EUROPEAN CONVENTION ON HUMAN RIGHTS & FUNDAMENTAL FREEDOMS ART 6

DPP v O'CALLAGHAN 2001 1 IR 584 2001 2 ILRM 184

LYNCH v JUDGE MORAN & DPP 2006 2 ILRM 447

HAUGHEY, IN RE 1971 IR 217

OFFENCES AGAINST THE STATE (AMDT) ACT 1972 S3(2)

O'LEARY v AG 1993 IR 102

DPP v KELLY 2006 2 ILRM 321

COURTS OF JUSTICE ACT 1924 S29

KOSTOVSKI v NETHERLANDS 1989 12 EHRR 434

DOORSEN v NETHERLANDS 1996 22 EHRR 330

EUROPEAN CONVENTION ON HUMAN RIGHTS ACT 2003

CRIMINAL LAW:

Evidence

Offences against State - Membership of unlawful organisation - Conviction in Special Criminal Court - Issue estoppel - Natural justice - Evidence of belief of superintendent- Whether obliged to answer questions on basis of belief - Prior acquittal on different charges - Whether evidence from previous trial admissible - Lynch v Moran [2006] IESC 31, [2006] 3 IR 389; [2006] 2 ILRM 447 and Rogers v The Queen (1994) 181 CLR 251 followed - People (DPP) v Callaghan [2001] 1 IR 584 and In re Haughey [1971] IR 217 distinguished - People (DPP) v Kelly [2006] IESC 20, [2006] 3 IR 115; [2006] 2 ILRM 321 and O'Leary v AG [1993] 1 IR 102 followed - Doorson v Netherlands (1996) 22 EHRR 330 and Kostovski v Netherlands (1989) 12 EHRR 434 considered - Offences Against the State Act 1939 (No 13) - Offences Against the State (Amendment) Act 1972 (No 26), s 3(2) - Offences Against the State (Amendment) Act 1998 (No 39), ss 2 and 5 - Constitution of Ireland 1937, Article 38 - European Convention on Human Rights, article 6 - Leave to appeal refused (236/2004 - CCA -14/7/2006) [2006] IECCA 103 People (DPP) v Matthews

Facts: The applicant was convicted by the Special Criminal Court of the offence of membership of an unlawful organisation, namely the IRA. This judgment concerned the applicant's appeal against conviction.

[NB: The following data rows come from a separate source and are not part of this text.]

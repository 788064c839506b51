//! Worlds and snapshots.
ghost use Rattle.std.specs.Prelude.{◌≡◌, ◌↔◌, ◌+◌, ◌≤◌, ℕ, negsuc, false, [], max, IfOk, OnOk, OnErr, IsTrue};
ghost use Rattle.spec_world.specs.Questions.{ask, Agrees, apply_all};
ghost use Rattle.view.specs.Meanings.{question_of, answer_of};
ghost use Rattle.view.specs.Sound.{IsSound};
ghost use Rattle.world.specs.Besides.{AgreesBesides};
ghost use Rattle.world.specs.Due.{by_moment, due_ids, first_due_from};

use crate::count::Count;
use crate::draft::Draft;
use crate::prepared::Prepared;
use crate::seen::Seen;
use std::alloc::{AllocError, Global};
use std::marker::Model;
use std::snapshot::Snapshot as Remembered;
use view::changes::Changes;
use view::question::{Answer, Question};

/// A world. It is well formed.
#[derive(Drop)]
pub struct World {
    draft: Draft,
    opened: Count,
}

impl Model for World {
    ghost use Rattle.world.specs.Counted.{Counted, counted_code};
    ghost use Rattle.view.specs.Sound.{IsSound};

    ghost Value = { Counted };

    ghost coded = { counted_code };

    ghost view = { λ a. record { plain = a.draft; opened = a.opened } };

    ghost invariant = { λ a. IsSound a.draft };
}

/// What a world was. Its records are shared with that world.
#[derive(Drop)]
pub struct Snapshot {
    draft: Draft,
}

impl Model for Snapshot {
    ghost use Rattle.spec_world.specs.World.{World as Meant};
    ghost use Rattle.spec_world.specs.WorldCode.{world_code};
    ghost use Rattle.view.specs.Sound.{IsSound};

    ghost Value = { Meant };

    ghost coded = { world_code };

    ghost view = { λ a. a.draft };

    ghost invariant = { λ a. IsSound a.draft };
}

impl World {
    /// No objects, tasks and links. The next step is number 1.
    #[tactic(auto, using(crate::proofs::Settled::empty_is_sound))]
    pub fn empty(alloc: Global) -> World
        ensures plain { result.plain ≡ record { objects = []; tasks = []; links = []; greatest = negsuc 0; next = 1; ending = false } }
        ensures opened { result.opened ≡ 0 }
    {
        World {
            draft: Draft::empty(alloc),
            opened: Count::zero(),
        }
    }

    /// A draft as a world.
    pub fn of_draft(draft: Draft) -> World
        requires { IsSound draft }
        ensures plain { result.plain ≡ draft }
        ensures opened { result.opened ≡ 0 }
    {
        World {
            draft,
            opened: Count::zero(),
        }
    }

    /// A world is well formed, with what holds besides until the whole language is there.
    pub fn know(&self)
        ensures { IsSound self.now.plain }
    {
        let _draft = &self.draft;
    }

    /// The answer to a question.
    pub fn ask(&self, question: &Question) -> Result<Answer, AllocError>
        ensures { IfOk result (λ a. answer_of a ≡ ask self.now.plain (question_of question.now)) }
    {
        self.draft.ask(question)
    }

    /// Whether each question that was asked has the answer that was read. It takes no memory.
    pub fn agrees(&self, reads: &Seen) -> bool
        ensures { IsTrue result ↔ Agrees self.now.plain reads.now }
    {
        self.draft.agrees(reads)
    }

    /// Whether each question that was asked, but for those about verbs, has the answer that was read. It takes no memory.
    pub fn agrees_besides(&self, reads: &Seen) -> bool
        ensures { IsTrue result ↔ AgreesBesides self.now.plain reads.now }
    {
        self.draft.agrees_besides(reads)
    }

    /// The number that the next step has.
    pub fn next(&self) -> u64
        ensures { result ≡ self.now.plain.next }
    {
        self.draft.next
    }

    /// The first task of this moment and this id, or after it, in the order in which tasks are due (by their moments, then by their ids), with its moment:
    /// for a caller that takes some at a time. It takes no memory, and looks at no other task.
    pub fn next_due(&self, moment: u32, id: i32) -> Option<(u32, i32)>
        ensures { result ≡ first_due_from moment id (by_moment self.now.plain.tasks) }
    {
        self.draft.next_due(moment, id)
    }

    /// The ids of the tasks that wait for this moment or an earlier one, by their moments and then by their ids. No other task is looked at.
    pub fn due(&self, alloc: Global, moment: u32) -> Result<Vec<i32>, AllocError>
        ensures { IfOk result (λ ids. ids.items ≡ due_ids moment self.now.plain.tasks) }
    {
        let ids = self.draft.due(alloc, moment)?;
        Ok(ids)
    }

    /// The world as it is, to be kept. Nothing is copied.
    #[inline(always)]
    pub fn snapshot(&self) -> Result<Snapshot, AllocError>
        ensures { IfOk result (λ s. s ≡ self.now.plain) }
    {
        Ok(Snapshot {
            draft: self.draft.share()?,
        })
    }

    /// The world with changes that leave it sound, made ready.
    pub fn prepare(&self, changes: &Changes) -> Result<Prepared, AllocError>
        requires { IsSound (apply_all changes.now self.now.plain) }
        ensures { IfOk result (λ p. p ≡ record { before = self.now.plain; after = apply_all changes.now self.now.plain }) }
    {
        let draft = self.changed(changes)?;
        Ok(Prepared {
            before: Remembered::of(&self.draft),
            draft,
        })
    }

    /// The world has changes that leave it sound. What no snapshot shares is changed where it lies. After want of memory nothing has changed.
    pub fn change(&mut self, changes: &Changes) -> Result<(), AllocError>
        requires { IsSound (apply_all changes.now self.old.plain) }
        ensures ok { OnOk result (self.new ≡ record { plain = apply_all changes.now self.old.plain; opened = self.old.opened }) }
        ensures err { OnErr result (self.new ≡ self.old) }
    {
        match self.draft.change(changes) {
            Ok(()) => Ok(()),
            Err(error) => Err(error),
        }
    }

    /// The world, which is as it was when they were made ready, has the changes. It takes no memory.
    pub fn commit(&mut self, prepared: Prepared)
        requires { prepared.before ≡ self.old.plain }
        ensures plain { self.new.plain ≡ prepared.after }
        ensures opened { self.new.opened ≡ self.old.opened }
    {
        let Prepared { before: _, draft } = prepared;
        self.replace(draft);
    }

    /// Other records for the world, which make it sound.
    pub fn replace(&mut self, draft: Draft)
        requires { IsSound draft }
        ensures plain { self.new.plain ≡ draft }
        ensures opened { self.new.opened ≡ self.old.opened }
    {
        self.draft = draft;
    }

    /// The world is not about to end any more.
    pub fn reopen(&mut self)
        ensures plain { self.new.plain ≡ record (self.old.plain) { ending = false } }
        ensures opened { self.new.opened ≡ self.old.opened }
    {
        self.draft.reopen();
    }

    /// A fork was opened to change the world.
    pub(crate) fn open(&mut self)
        ensures plain { self.new.plain ≡ self.old.plain }
        ensures opened { self.new.opened ≡ self.old.opened + 1 }
    {
        self.opened.tick();
    }

    /// The records of the world with changes.
    pub(crate) fn changed(&self, changes: &Changes) -> Result<Draft, AllocError>
        ensures { IfOk result (λ d. d ≡ apply_all changes.now self.now.plain) }
    {
        self.draft.changed(changes)
    }

    /// The records.
    #[inline(always)]
    pub(crate) fn records(&self) -> &Draft
        ensures { result.now ≡ self.now.plain }
    {
        &self.draft
    }

    /// The records of the world, with one more owner.
    #[inline(always)]
    pub(crate) fn share(&self) -> Result<Draft, AllocError>
        ensures { IfOk result (λ d. d ≡ self.now.plain) }
    {
        self.draft.share()
    }
}

impl Snapshot {
    /// A snapshot is well formed, with what holds besides until the whole language is there.
    pub fn know(&self)
        ensures { IsSound self.now }
    {
        let _draft = &self.draft;
    }

    /// The answer to a question.
    pub fn ask(&self, question: &Question) -> Result<Answer, AllocError>
        ensures { IfOk result (λ a. answer_of a ≡ ask self.now (question_of question.now)) }
    {
        self.draft.ask(question)
    }

    /// Whether two snapshots are of the same world. It takes no memory.
    pub fn same_world(&self, other: &Snapshot) -> bool
        ensures { IsTrue result ↔ self.now ≡ other.now }
    {
        self.draft.same(&other.draft)
    }

    /// The records of the snapshot, with one more owner.
    #[inline(always)]
    pub fn share(&self) -> Result<Draft, AllocError>
        ensures { IfOk result (λ d. d ≡ self.now) }
    {
        self.draft.share()
    }

    /// The records.
    #[inline(always)]
    pub(crate) fn records(&self) -> &Draft
        ensures { result.now ≡ self.now }
    {
        &self.draft
    }

    /// The snapshot as a world of its own.
    pub fn into_world(self) -> World
        ensures plain { result.plain ≡ self }
        ensures opened { result.opened ≡ 0 }
    {
        let Snapshot { draft } = self;
        World {
            draft,
            opened: Count::zero(),
        }
    }
}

The applicant relied on a number of grounds including: the wrongful admission into evidence of the content of videos and memoranda of interviews; the wrongful use of evidence; the wrongful finding that certain evidence was capable of corroborating the belief of the Chief Superintendent; the wrongful rejection of applicant's submission that trial was not fair having regard to the lack of opportunity to test the basis of the belief of the Chief Superintendent; and the judgment of trial court was internally inconsistent since it convicted the applicant on the basis of evidence which it found to be insufficient to convict his co-accused.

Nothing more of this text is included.